Research can flow into interesting little eddies that cohere into larger circulations that become transformative phase shifts. That happened to me this morning between a morning drive in the Northern California hills and departing for lunch at one of our favorite restaurants in Danville.
The topic I’ve been working on since my retirement is whether there are preferential representations for optimal automated inference methods. We have this grab-bag of machine learning techniques that use differing data structures but that all implement some variation on fitting functions to data exemplars; at the most general they all look like some kind of gradient descent on an error surface. Getting the right mix of parameters, nodes, etc. falls to some kind of statistical regularization or bottlenecking for the algorithms. Or maybe you perform a grid search in the hyperparameter space, narrowing down the right mix. Or you can throw up your hands and try to evolve your way to a solution, suspecting that there may be local optima that are distracting the algorithms from global success.
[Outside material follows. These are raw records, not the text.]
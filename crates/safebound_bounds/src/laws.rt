//! A law on bounds of tables whose rows may lack values. The call does nothing.
ghost use Rattle.std.specs.Prelude.{◌≡◌, ◌<◌, ◌≤◌, ◌^◌, ℕ, List, [], length};
ghost use Rattle.std.specs.List.{AllByRecursion};
ghost use Rattle.berge_tree.specs.declared.edges.Edge.{Edge};
ghost use Rattle.entry_sets.specs.Sets.{entries_of_set};
ghost use Rattle.join_graph.specs.Kept.{equalities_within};
ghost use Rattle.tree_bounds.specs.SetBounds.{bound_of_set};
ghost use Rattle.tree_bounds.specs.Tables.{ChoicesAreDifferent};
ghost use Rattle.safebound_lists.specs.declared.runs.Run.{Run};
ghost use Rattle.safebound_bounds.specs.declared.arguments.ColumnList.{ColumnList};
ghost use Rattle.safebound_bounds.specs.declared.arguments.Equality.{Equality};
ghost use Rattle.safebound_bounds.specs.Causes.{AreArgumentsValid};
ghost use Rattle.safebound_bounds.specs.Meaning.{edges_of, given_list, known, known_in};
ghost use Rattle.safebound_bounds.specs.Values.{SatisfiesValues, ValuedTables, ValuesFit};

/// No bound is too low, even if rows lack values. A choice has one row for each entry of a set. The choices that satisfy the set's equalities are at
/// most as many as the set's bound from `known_in` says. If no equality joins entries of the set, all rows of its entries count.
pub fn rows_without_values_join_with_nothing()
    ensures never_under { (rows : List ℕ) (equalities : List Equality) (lists : List ColumnList) (runs : List Run)
        → AreArgumentsValid rows equalities lists runs → (subset : ℕ) → subset < 2 ^ length rows → (tables : ValuedTables)
        → ValuesFit rows (given_list lists runs) tables (edges_of equalities) subset → (choices : List (ℕ → ℕ))
        → AllByRecursion (SatisfiesValues tables (entries_of_set subset) (equalities_within subset (edges_of equalities))) choices
        → ChoicesAreDifferent (entries_of_set subset) choices
        → length choices ≤ bound_of_set (known_in rows lists runs (edges_of equalities) subset) (edges_of equalities) subset }
    ensures unjoined { (rows : List ℕ) (lists : List ColumnList) (runs : List Run) (es : List Edge) (subset : ℕ)
        → equalities_within subset es ≡ [] → known_in rows lists runs es subset ≡ known rows lists runs }
{}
Yet, algorithmic information theory (AIT) gives us, via Solomonoff, a framework for balancing parameterization of an inference algorithm against the error rate on the training set. But, first, it’s all uncomputable and, second, the AIT framework just uses strings of binary as the coded Turing machines, so I would have to flip 2^N bits and test each representation to get anywhere with the theory. Yet, I and many others have had incremental success at using variations on this framework, whether via Minimum Description Length (MDL) principles, it’s first cousin Minimum Message Length (MML), and other statistical regularization approaches that are somewhat proxies for these techniques. But we almost always choose a model (ANNs, compression lexicons, etc.) and then optimize the parameters around that framework. Can we do better? Is there a preferential model for time series versus static data? How about for discrete versus continuous?
So while researching model selection in this framework, I come upon a mention of Shannon’s information theory and its application to quantum decoherence. Of course I had to investigate. And here is the most interesting thing I’ve seen in months from the always interesting Max Tegmark at MIT:
Particles entangle and then quantum decoherence causes them to shed entropy into one another during interaction. But, most interesting, is the quantum Bayes’ theory section around 00:35:00 where Shannon entropy as a classical measure of improbability gets applied to the quantum indeterminacy through this decoherence process.
I’m pretty sure it sheds no particular light on the problem of model selection but when cosmology and machine learning issues converge it gives me mild shivers of joy.